Britain will immediately end freedom of movement for people from the European Union after Brexit on 31 October, a spokeswoman for Downing Street has said.

The spokeswoman said: "Freedom of movement as it currently stands will end on 31 October when the UK leaves the EU."

She added the UK government planned "tougher criminality rules for people entering the UK" as part of the new hardline stance.

"Details of other changes immediately on 31 October for a new immigration system are currently being developed," she said.

The change comes amid growing fears Britain is set to leave the EU without a deal in two-and-a-half months.

Around 3.6 million EU citizens already in Britain have been told to apply for "permanent settled status", under an interior ministry scheme started by Prime Minister Boris Johnson's predecessor Theresa May.

So far only around one million have signed up for the status.

Mrs May's government said in January that it would end free movement "as soon as possible" after a no-deal Brexit, but keep allowing EU arrivals "for a transitional period only".

Legislation drawn up to deal with the issue is stuck in parliament in the House of Commons gridlock over Brexit.

However, the Irish Government says Irish citizens will keep their rights under the Common Travel Area deal, which pre-dates EU membership.


What is the Common Travel Area

Irish and British citizens move freely and reside in either jurisdiction and enjoy associated rights and entitlements including access to employment, healthcare, education, social benefits, and the right to vote in certain elections.

The Common Travel Area pre-dates Irish and UK membership of the EU and is not dependent on it.

The two governments have signed a Memorandum of Understanding, reaffirming their commitment to maintaining the CTA in all circumstances.

Read more - Johnson tells Varadkar that Common Travel Area will remain after Brexit


Meanwhile, Mr Johnson believes the EU will blink first in the Brexit stand-off but acknowledged there would be "bumps along the road".

He has rejected demands for the recall of parliament following warnings that a no-deal Brexit would cause "incredibly serious" economic harm.

Mr Johnson will use face-to-face talks with Angela Merkel and Emmanuel Macron later this week to spell out his commitment to leave the European Union with or without a deal on 31 October.

He acknowledged there was "reluctance" in Europe about his demands for the backstop to be scrapped.

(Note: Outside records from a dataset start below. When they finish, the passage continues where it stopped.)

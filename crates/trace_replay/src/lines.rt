//! The lines of a trace, answered one after another.

ghost use Rattle.std.specs.Prelude.{◌≡◌, ◌<◌, ◌≤◌, ◌⊎◌, List, Option, IfErr, IsTrue, OnErr, OnOk, [], false, ℕ};
ghost use Rattle.sched_base.specs.Limits.{input_bytes};
ghost use Rattle.ports.specs.Devices.{HasCause, StopsAtFailure};
ghost use Rattle.ports.specs.Feeds.{Feed};
ghost use Rattle.ports.specs.LineFeed.{IsAtHand};
ghost use Rattle.trace_replay.specs.Statuses.{HasReadCause, HasWriteCause, PutsOnce, ReadsExactly, when_cut};
ghost use Rattle.trace_replay.specs.Traces.{CanAnswer, CanEnd};
ghost use Rattle.trace_replay.specs.UnderWay.{HasEnded, IsStopped, IsUnderWay};
ghost use Rattle.trace_text.specs.Pages.{HasRoom};

use crate::status::ReplayStatus;
use crate::trace::{Trace, place};
use flat_policy::cluster::Cluster;
use flat_policy::texts::{Given, LineFault};
use ports::{Failed, Fed, LineFeed, Sink, Source};
use sched_base::limits::LINE_BYTES;

/// The most bytes of a line, without its newline.
const LINE_LIMIT: u32 = LINE_BYTES as u32;

/// Puts the output that was gathered, unless there is room for more and the next line is at hand:
/// so nothing is taken while output waits.
fn make_ready<C: Cluster, K: Sink>(
    trace: &mut Trace<C>,
    feed: &LineFeed,
    sink: &mut K,
) -> Result<(), Failed>
    requires open { feed.now.done ≡ false }
    ensures ok { OnOk result ((start begun left : Option (List ℕ)) (f : Feed) → IsUnderWay start begun trace.old f left (K.taken sink.old) → IsUnderWay start begun trace.new f left (K.taken sink.new)) }
    ensures room { OnOk result (HasRoom trace.new.page) }
    ensures ready { OnOk result ((trace.new.page ≡ []) ⊎ IsAtHand LINE_LIMIT feed.now) }
    ensures err { OnErr result ((start begun left : Option (List ℕ)) (f : Feed) → IsUnderWay start begun trace.old f left (K.taken sink.old) → HasEnded start begun left (K.taken sink.new) ReplayStatus.WriteFault) }
    ensures keeps { trace.new ≡ record trace.old { page = trace.new.page } }
    ensures cause { HasCause (K.faults sink.old) (K.faults sink.new) result }
    ensures exact { IsTrue K.is_exact → StopsAtFailure (K.faults sink.old) (K.faults sink.new) (K.is_failing sink.new) result }
{
    if trace.has_room() && feed.is_at_hand(LINE_LIMIT) {
        Ok(())
    } else {
        trace.put(sink)
    }
}

/// The status of a line of the next number that has a fault.
fn bad_line<C: Cluster>(trace: &Trace<C>, what: LineFault) -> ReplayStatus
    ensures { result ≡ ReplayStatus.BadLine trace.now.line what }
{
    ReplayStatus::BadLine {
        line: trace.line(),
        what,
    }
}

/// Takes the next line and answers it onto the page. What it says is read into the place that is lent.
///
/// An error is what ends the replay: `Done` at the end of the input, and else a fault.
fn answer_next<C: Cluster, S: Source>(
    trace: &mut Trace<C>,
    feed: &mut LineFeed,
    source: &mut S,
    given: &mut Given,
) -> Result<(), ReplayStatus>
    requires ready { CanAnswer trace.old }
    requires room { HasRoom trace.old.page }
    requires open { feed.old.done ≡ false }
    requires at_hand { (trace.old.page ≡ []) ⊎ IsAtHand LINE_LIMIT feed.old }
    ensures ok { OnOk result ((start begun taken : Option (List ℕ)) → IsUnderWay start begun trace.old feed.old (S.left source.old) taken → IsUnderWay start begun trace.new feed.new (S.left source.new) taken) }
    ensures on { OnOk result ((feed.old.passed < feed.new.passed) × (feed.new.passed ≤ input_bytes)) }
    ensures err { IfErr result (λ status. (start begun taken : Option (List ℕ)) → IsUnderWay start begun trace.old feed.old (S.left source.old) taken → IsStopped start begun trace.new.page (S.left source.new) taken status) }
    ensures machine { CanEnd trace.new }
    ensures unlike { IfErr result (λ status. ¬ (status ≡ ReplayStatus.WriteFault)) }
    ensures waiting { IfErr result (λ status. status ≡ ReplayStatus.ReadFault → trace.new.page ≡ []) }
    ensures cause { IfErr result (λ status. HasReadCause (S.faults source.old) (S.faults source.new) status) }
    ensures later { S.faults source.old ≤ S.faults source.new }
    ensures goes { IsTrue S.is_exact → OnOk result (S.faults source.new ≡ S.faults source.old) }
    ensures exact { IsTrue S.is_exact → IfErr result (λ status. ReadsExactly (S.faults source.old) (S.faults source.new) (S.is_failing source.new) status) }
{
    match feed.next(source, LINE_LIMIT) {
        Fed::Line => trace.answer_line(feed.line(), given),
        Fed::Long => Err(bad_line(trace, LineFault::Long)),
        Fed::Unfinished => Err(bad_line(trace, LineFault::Unfinished)),
        Fed::End => Err(ReplayStatus::Done),
        Fed::Fault => Err(ReplayStatus::ReadFault),
        Fed::Over => Err(ReplayStatus::TooLong),
    }
}

/// The status of a replay that ends with this one, where a put of the lines before it fails.
fn when_cut(status: ReplayStatus) -> ReplayStatus
    ensures { result ≡ when_cut status }
{
    match status {
        ReplayStatus::OutOfMemory => ReplayStatus::OutOfMemory,
        _ => ReplayStatus::WriteFault,
    }
}

/// Puts the lines before the one that ended the replay. Where a put fails, that is the status,
/// unless memory ran out.
fn put_last<C: Cluster, K: Sink>(
    trace: &mut Trace<C>,
    sink: &mut K,
    status: ReplayStatus,
) -> ReplayStatus
    requires unlike { ¬ (status ≡ ReplayStatus.WriteFault) }
    ensures ended { (start begun left : Option (List ℕ)) → IsStopped start begun trace.old.page left (K.taken sink.old) status → HasEnded start begun left (K.taken sink.new) result }
    ensures keeps { trace.new ≡ record trace.old { page = trace.new.page } }
    ensures same { ¬ (result ≡ ReplayStatus.WriteFault) → result ≡ status }
    ensures nothing { trace.old.page ≡ [] → result ≡ status }
    ensures cause { HasWriteCause (K.faults sink.old) (K.faults sink.new) result }
    ensures later { K.faults sink.old ≤ K.faults sink.new }
    ensures exact { IsTrue K.is_exact → PutsOnce (K.faults sink.old) (K.faults sink.new) (K.is_failing sink.new) result }
{
    match trace.put(sink) {
        Ok(()) => status,
        Err(Failed) => when_cut(status),
    }
}

/// Answers lines until one ends the replay, and puts the answers before the source is asked for
/// more.
pub(crate) fn answer_lines<C: Cluster, S: Source, K: Sink>(
    trace: &mut Trace<C>,
    feed: &mut LineFeed,
    source: &mut S,
    sink: &mut K,
) -> ReplayStatus
    requires way { (start : Option (List ℕ)) × (begun : Option (List ℕ)) × IsUnderWay start begun trace.old feed.old (S.left source.old) (K.taken sink.old) }
    ensures ended { (start begun : Option (List ℕ)) → IsUnderWay start begun trace.old feed.old (S.left source.old) (K.taken sink.old) → HasEnded start begun (S.left source.new) (K.taken sink.new) result }
    ensures machine { CanEnd trace.new }
    ensures read_cause { HasReadCause (S.faults source.old) (S.faults source.new) result }
    ensures write_cause { HasWriteCause (K.faults sink.old) (K.faults sink.new) result }
    ensures read_later { S.faults source.old ≤ S.faults source.new }
    ensures write_later { K.faults sink.old ≤ K.faults sink.new }
    ensures read_exact { IsTrue S.is_exact → ReadsExactly (S.faults source.old) (S.faults source.new) (S.is_failing source.new) result }
    ensures write_exact { IsTrue K.is_exact → PutsOnce (K.faults sink.old) (K.faults sink.new) (K.is_failing sink.new) result }
{
    let mut given = place();
    loop {
        if let Err(Failed) = make_ready(trace, feed, sink) {
            return ReplayStatus::WriteFault;
        }
        if let Err(status) = answer_next(trace, feed, source, &mut given) {
            return put_last(trace, sink, status);
        }
    }
}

"There may well be bumps in the road but we will be ready to come out on October 31st deal or no deal," Mr Johnson said during a visit to Truro.

"Now of course our friends and partners on the other side of the Channel are showing a little bit of reluctance at the moment to change their position.

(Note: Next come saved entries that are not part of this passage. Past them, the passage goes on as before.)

//! Laws of replays. Each is the contract of a function that does nothing.

ghost use Rattle.trace_replay.specs.Laws.{ReplayIsIdempotent};

use flat_policy::laws::{runs_stay_sound, runs_stay_within};
use setup_json::laws::{read_setups_are_built, setup_lines_read_again, setups_stand_in_lines};
use trace_machine::laws::blocked_are_live;
use trace_text::laws::{answers_read_again, answers_stand_in_lines, replies_have_texts};

/// What is written for an input without a fault is, as an input, answered by itself, and without a
/// fault.
pub fn replay_is_idempotent()
    ensures { ReplayIsIdempotent }
{
    runs_stay_sound();
    runs_stay_within();
    blocked_are_live();
    replies_have_texts();
    answers_read_again();
    answers_stand_in_lines();
    setups_stand_in_lines();
    setup_lines_read_again();
    read_setups_are_built();
}
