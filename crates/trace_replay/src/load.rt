//! The load: a trace drawn from a seed, made over one kind of cluster, and the summary of its answers.

ghost use Rattle.std.specs.Prelude.{◌≡◌, ◌≤◌, IfOk, IsTrue};
ghost use Rattle.flat_policy.specs.Policy.Machine.{empty_machine};
ghost use Rattle.flat_policy.specs.Runs.LoadTrace.{Load, load_setup};
ghost use Rattle.trace_machine.specs.Machines.{IsMachine, Means};
ghost use Rattle.trace_replay.specs.LoadAnswers.{MakesLoad};
ghost use Rattle.trace_replay.specs.Statuses.{HasWriteCause, PutsExactly};

mod counts;
mod drawing;
mod stepping;
mod summary;

use crate::ReplayStatus;
use flat_policy::cluster::Cluster;
use flat_policy::setup::{BuildError, Setup};
use ports::{Sink, put_all};
use std::alloc::{AllocError, Global};
use trace_machine::Machine;

/// Makes the load of a seed: so many steps, at most 200,000, over one kind of cluster, and writes its
/// summary. `Done` where the sink took the whole summary, `WriteFault` where it failed in it, and
/// `OutOfMemory` where memory ran out; then nothing is written. No other status comes.
pub(crate) fn load<C: Cluster, K: Sink>(
    alloc: Global,
    seed: u32,
    steps: u32,
    sink: &mut K,
) -> ReplayStatus
    requires few { steps ≤ 200000 }
    ensures makes { MakesLoad seed steps (K.taken sink.old) (K.taken sink.new) result }
    ensures cause { HasWriteCause (K.faults sink.old) (K.faults sink.new) result }
    ensures later { K.faults sink.old ≤ K.faults sink.new }
    ensures exact { IsTrue K.is_exact → PutsExactly (K.faults sink.old) (K.faults sink.new) (K.is_failing sink.new) result }
{
    let Ok(text) = load_text::<C>(alloc, seed, steps) else {
        return ReplayStatus::OutOfMemory;
    };
    match put_all(sink, &text) {
        Ok(()) => ReplayStatus::Done,
        Err(_) => ReplayStatus::WriteFault,
    }
}

/// The summary of the load, made with a machine of its own. An error is want of memory.
fn load_text<C: Cluster>(alloc: Global, seed: u32, steps: u32) -> Result<Vec<u8>, AllocError>
    requires few { steps ≤ 200000 }
    ensures { IfOk result (λ text. text.items ≡ Load seed steps) }
{
    let mut machine: Machine<C> = Machine::new(alloc, load_setup(alloc)?)?;
    let text = run_text(alloc, &mut machine, seed, steps);
    machine.end();
    text
}

/// The summary of the load, made with a machine that took no step yet.
fn run_text<C: Cluster>(
    alloc: Global,
    machine: &mut Machine<C>,
    seed: u32,
    steps: u32,
) -> Result<Vec<u8>, AllocError>
    requires begins { Means machine.old (empty_machine load_setup) }
    requires setup { machine.old.parts.setup ≡ load_setup }
    requires new { machine.old.steps ≡ 0 }
    requires few { steps ≤ 200000 }
    ensures machine { IsMachine machine.new }
    ensures few { machine.new.steps ≤ 200000 }
    ensures text { IfOk result (λ text. text.items ≡ Load seed steps) }
{
    let so_far = stepping::run(machine, seed, steps)?;
    summary::summary(alloc, seed, steps, &so_far.counts, machine.queued())
}

/// The setup of the load: four processors and two slower ones, eight groups, 256 threads.
fn load_setup(alloc: Global) -> Result<Setup, AllocError>
    ensures { IfOk result (λ setup. setup ≡ load_setup) }
{
    let built = Setup::build(
        alloc,
        &[[4, 1000], [2, 400]],
        &[[0, 1, 8000, 1, 48], [1, 0, 4000, 1, 63]],
        &[[0, 0, 0, 0, 1, 1]; 8],
        256,
        1,
    );
    match built {
        Ok(setup) => Ok(setup),
        Err(BuildError::Memory) => Err(AllocError),
        Err(BuildError::Range(_)) => unreachable!(),
    }
}

#[cfg(test)]
mod tests;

"That's fine - I'm confident that they will - but in the meantime we have to get ready for a no-deal outcome.

"I want a deal. We're ready to work with our friends and partners to get a deal but if you want a good deal for the UK, you must simultaneously get ready to come out without one."

In a letter released this evening, Mr Johnson has written to EU Council President Donald Tusk outlining his opposition to the backstop element of the Withdrawal Agreement.

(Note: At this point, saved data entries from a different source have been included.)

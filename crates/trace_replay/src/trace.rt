//! A replay under way: one line after the other.

ghost use Rattle.std.specs.Prelude.{◌≡◌, ◌≤◌, ◌++◌, ◌+◌, ◌↔◌, [], IfErr, IfOk, IsTrue, None, Ok, OnErr, OnOk, length};
ghost use Rattle.std.specs.Io.KnownBytes.{Appends};
ghost use Rattle.flat_policy.specs.Policy.Machine.{MachineState, fits_step, reply};
ghost use Rattle.flat_policy.specs.Texts.Answers.{same_answer};
ghost use Rattle.flat_policy.specs.Texts.Lines.{answered_text, read_step_line};
ghost use Rattle.flat_policy.specs.Texts.Streams.{contradicts, step_line};
ghost use Rattle.ports.specs.Devices.{AppendsPart, HasCause, StopsAtFailure};
ghost use Rattle.trace_machine.specs.Machines.{IsMachine, Means, StepsTo};
ghost use Rattle.trace_replay.specs.Traces.{Answers, CanAnswer, CanEnd, IsBegun, Stays, StopsLine, StopsTake, Takes, moved, setup_of};
ghost use Rattle.trace_text.specs.Acting.{unless_fault};
ghost use Rattle.trace_text.specs.Pages.{HasRoom};
ghost use Rattle.trace_text.specs.Writing.{AnswerFits, StepFits};

use crate::status::ReplayStatus;
use flat_policy::cluster::Cluster;
use flat_policy::laws::{runs_stay_sound, runs_stay_within};
use flat_policy::setup::Setup;
use flat_policy::texts::{Given, LineFault};
use ports::{Failed, Sink, put_all};
use sched_base::{Act, Answer, Step};
use std::alloc::{AllocError, Global};
use std::marker::Model;
use trace_machine::laws::blocked_are_live;
use trace_machine::{Machine, Reply};
use trace_text::laws::{lines_are_exact, replies_have_texts};
use trace_text::{Page, STEP_ROOM, read_step_into};

/// The number of the first line behind the setup line.
const FIRST_LINE: u64 = 2;

/// A replay of a trace over one kind of cluster: the machine, output that isn't put yet, and the
/// number of the line that comes next.
pub(crate) struct Trace<C: Cluster> {
    machine: Machine<C>,
    page: Page,
    line: u64,
}

impl<C: Cluster> Model for Trace<C> {
    ghost use Rattle.trace_replay.specs.Traces.{TraceView};

    ghost Value = { TraceView };

    ghost view = { λ t. record { machine = t.machine; page = t.page; line = t.line } };
}

/// A place for what a line says.
pub(crate) fn place() -> Given {
    let step = Step {
        moment: 0,
        actor: 0,
        act: Act::Aim,
    };
    Given { step, answer: None }
}

/// Whether two answers are the same.
#[tactic(auto, using(crate::proofs::SameAnswers::same_by_test))]
fn is_same(a: &Answer, b: &Answer) -> bool
    ensures { result ≡ same_answer a.now b.now }
{
    a == b
}

/// Whether a given answer is another than the machine's.
fn contradicts(given: &Option<Answer>, answer: &Answer) -> bool
    ensures { result ≡ contradicts given.now answer.now }
{
    match given {
        Some(given) => !is_same(given, answer),
        None => false,
    }
}

/// Whether a setup fits a step. It's a call of its own, so that a step stays whole where it was read.
#[inline(never)]
fn is_fitting(setup: &Setup, step: &Step) -> bool
    ensures { result ≡ fits_step setup.now step.now }
{
    setup.fits(step)
}

/// Whether a line is the text of a step alone, at the moment of its reply, and not too long for it.
fn is_reply_text(line: &[u8], given: &Given, reply: &Reply) -> bool
    ensures short { IsTrue result → length line.now ≤ STEP_ROOM }
    ensures moment { IsTrue result → given.now.step.moment ≡ reply.now.moment }
    ensures alone { IsTrue result → given.now.answer ≡ None }
{
    given.step.moment == reply.moment && given.answer.is_none() && line.len() <= STEP_ROOM
}

/// Writes a step with its effective moment and its answer onto a page.
#[inline(never)]
fn write_moved(page: &mut Page, given: &Given, reply: &Reply)
    requires room { HasRoom page.old }
    requires step { StepFits (moved given.now.step reply.now) }
    requires answer { AnswerFits reply.now.answer }
    ensures { page.new ≡ page.old ++ answered_text (moved given.now.step reply.now) reply.now.answer }
{
    let step = Step {
        moment: reply.moment,
        ..given.step
    };
    page.write_line(&step, &reply.answer);
}

/// Writes the step that a line says onto a page, with its effective moment and its answer. Each step
/// has one text, so where its moment stays the line itself is written again.
#[tactic(auto, using(crate::proofs::SaidAgain::reply_again))]
fn write_reply(page: &mut Page, line: &[u8], given: &Given, reply: &Reply)
    requires says { read_step_line line.now ≡ Ok given.now }
    requires room { HasRoom page.old }
    requires step { StepFits (moved given.now.step reply.now) }
    requires answer { AnswerFits reply.now.answer }
    ensures { page.new ≡ page.old ++ answered_text (moved given.now.step reply.now) reply.now.answer }
{
    lines_are_exact();
    if is_reply_text(line, given, reply) {
        page.write_again(line, &reply.answer);
    } else {
        write_moved(page, given, reply);
    }
}

impl<C: Cluster> Trace<C> {
    /// A replay over a setup, before its first step. An error is want of memory.
    pub(crate) fn new(alloc: Global, setup: Setup) -> Result<Trace<C>, AllocError>
        ensures { IfOk result (λ trace. IsBegun setup trace) }
    {
        let page = Page::new(alloc)?;
        Ok(Trace {
            machine: Machine::new(alloc, setup)?,
            page,
            line: FIRST_LINE,
        })
    }

    /// Ends the replay, with every thread of its machine.
    pub(crate) fn end(self)
        requires { CanEnd self }
    {
        let Trace {
            machine,
            page: _,
            line: _,
        } = self;
        machine.end();
    }

    /// The number of the line that comes next.
    pub(crate) fn line(&self) -> u64
        ensures { result ≡ self.now.line }
    {
        self.line
    }

    /// Whether there is room for the answer to a line.
    pub(crate) fn has_room(&self) -> bool
        ensures { IsTrue result ↔ HasRoom self.now.page }
    {
        self.page.has_room()
    }

    /// Puts the output that was gathered. Where a put fails, that is the last one; what is left of
    /// the output is forgotten.
    pub(crate) fn put<K: Sink>(&mut self, sink: &mut K) -> Result<(), Failed>
        ensures ok { OnOk result (Appends (K.taken sink.old) (K.taken sink.new) self.old.page) }
        ensures err { OnErr result (AppendsPart (K.taken sink.old) (K.taken sink.new) self.old.page) }
        ensures cause { HasCause (K.faults sink.old) (K.faults sink.new) result }
        ensures exact { IsTrue K.is_exact → StopsAtFailure (K.faults sink.old) (K.faults sink.new) (K.is_failing sink.new) result }
        ensures page { self.new ≡ record self.old { page = [] } }
    {
        let result = put_all(sink, self.page.bytes());
        self.page.clear();
        result
    }

    /// Reads what a line says into a place, where it is within the grammar and the setup fits it.
    fn read(&self, line: &[u8], given: &mut Given) -> Result<(), LineFault>
        ensures { unless_fault result given.new ≡ step_line (setup_of self.now) line.now }
    {
        read_step_into(line, given)?;
        if is_fitting(self.machine.setup(), &given.step) {
            Ok(())
        } else {
            Err(LineFault::Range)
        }
    }

    /// Does nothing. It tells that every reply has a text.
    fn keeps_texts(&self)
        ensures { (g : MachineState) (s : Step) → Means self.now.machine g → IsTrue (fits_step (setup_of self.now) s) → StepFits (reply (setup_of self.now) g s).step × AnswerFits (reply (setup_of self.now) g s).answer }
    {
        let _line = self.line;
        runs_stay_sound();
        runs_stay_within();
        blocked_are_live();
        replies_have_texts();
    }

    /// Takes the step that a line says and the setup fits, and writes it with its answer onto the
    /// page.
    ///
    /// Errors: `Differs` where another answer is given, and `OutOfMemory`. Then nothing is written.
    fn take(&mut self, line: &[u8], given: &Given) -> Result<(), ReplayStatus>
        requires ready { CanAnswer self.old }
        requires says { read_step_line line.now ≡ Ok given.now }
        requires fits { IsTrue (fits_step (setup_of self.old) given.now.step) }
        requires room { HasRoom self.old.page }
        ensures ok { OnOk result (Takes self.old self.new given.now) }
        ensures err { IfErr result (λ status. StopsTake self.old given.now status × Stays self.old self.new) }
    {
        self.keeps_texts();
        let reply = self.machine.step(&given.step)?;
        if contradicts(&given.answer, &reply.answer) {
            return Err(ReplayStatus::Differs { line: self.line });
        }
        write_reply(&mut self.page, line, given, &reply);
        self.line += 1;
        Ok(())
    }

    /// Answers a line: takes its step, and writes it with its effective moment and its answer onto
    /// the page. What it says is read into the place that is lent, whatever stood there.
    ///
    /// Errors: `BadLine` where it is outside the grammar or the setup doesn't fit it, `Differs`
    /// where another answer is given, and `OutOfMemory`. Then nothing is written.
    pub(crate) fn answer_line(&mut self, line: &[u8], given: &mut Given) -> Result<(), ReplayStatus>
        requires ready { CanAnswer self.old }
        requires room { HasRoom self.old.page }
        ensures ok { OnOk result (Answers self.old self.new line.now) }
        ensures err { IfErr result (λ status. StopsLine self.old line.now status × Stays self.old self.new) }
    {
        match self.read(line, given) {
            Ok(()) => self.take(line, given),
            Err(what) => Err(ReplayStatus::BadLine {
                line: self.line,
                what,
            }),
        }
    }
}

Meanwhile, Jeremy Corbyn, the British Labour leader, has said his party will do everything possible to stop Britain leaving the EU without a deal on 31 October.

He urged MPs that were "serious" about blocking a no-deal Brexit to bring down the government in a no-confidence vote and said Labour would form a time-limited government to avoid leaving without a deal.

He said: "It is the Conservative Party's failure on Brexit and its lurch to the hard right that has provoked the crisis our country faces this autumn.

"After failing to negotiate a Brexit deal that will protect jobs and standards, Boris Johnson's Tories are driving the country towards a no-deal cliff edge."

Elsewhere, the Minister of State at the Department of Finance said the British government needed to be reminded of its "serious obligation" as core guarantors of the Good Friday Agreement.

Patrick O'Donovan's comments follow the leaking of a dossier prepared by civil servants at Westminster to The Sunday Times.

It warns of the impact of a no-deal Brexit, including fuel, fresh food and medicine shortages, as well as delays at airports, and a hard border.

Speaking on RTÉ's Morning Ireland, Mr O'Donovan said the document is only a month old, and that from the Government's point of view, there's no "good deal" to be had from Brexit – it is simply a case of how bad the deal could get.

He said the Government has been working on upskilling Revenue and bringing in additional staff, and encouraging businesses to engage with Revenue.

He said that if border checks are required, they should take place away from the border.

Brendan Howlin, Labour leader said Operation Yellowhammer is not a single assessment in time, but a process that has been in operation for many months.

Speaking on RTÉ's Today with Miriam O'Callaghan, he said the document looks at what is likely to happen, rather than what might happen.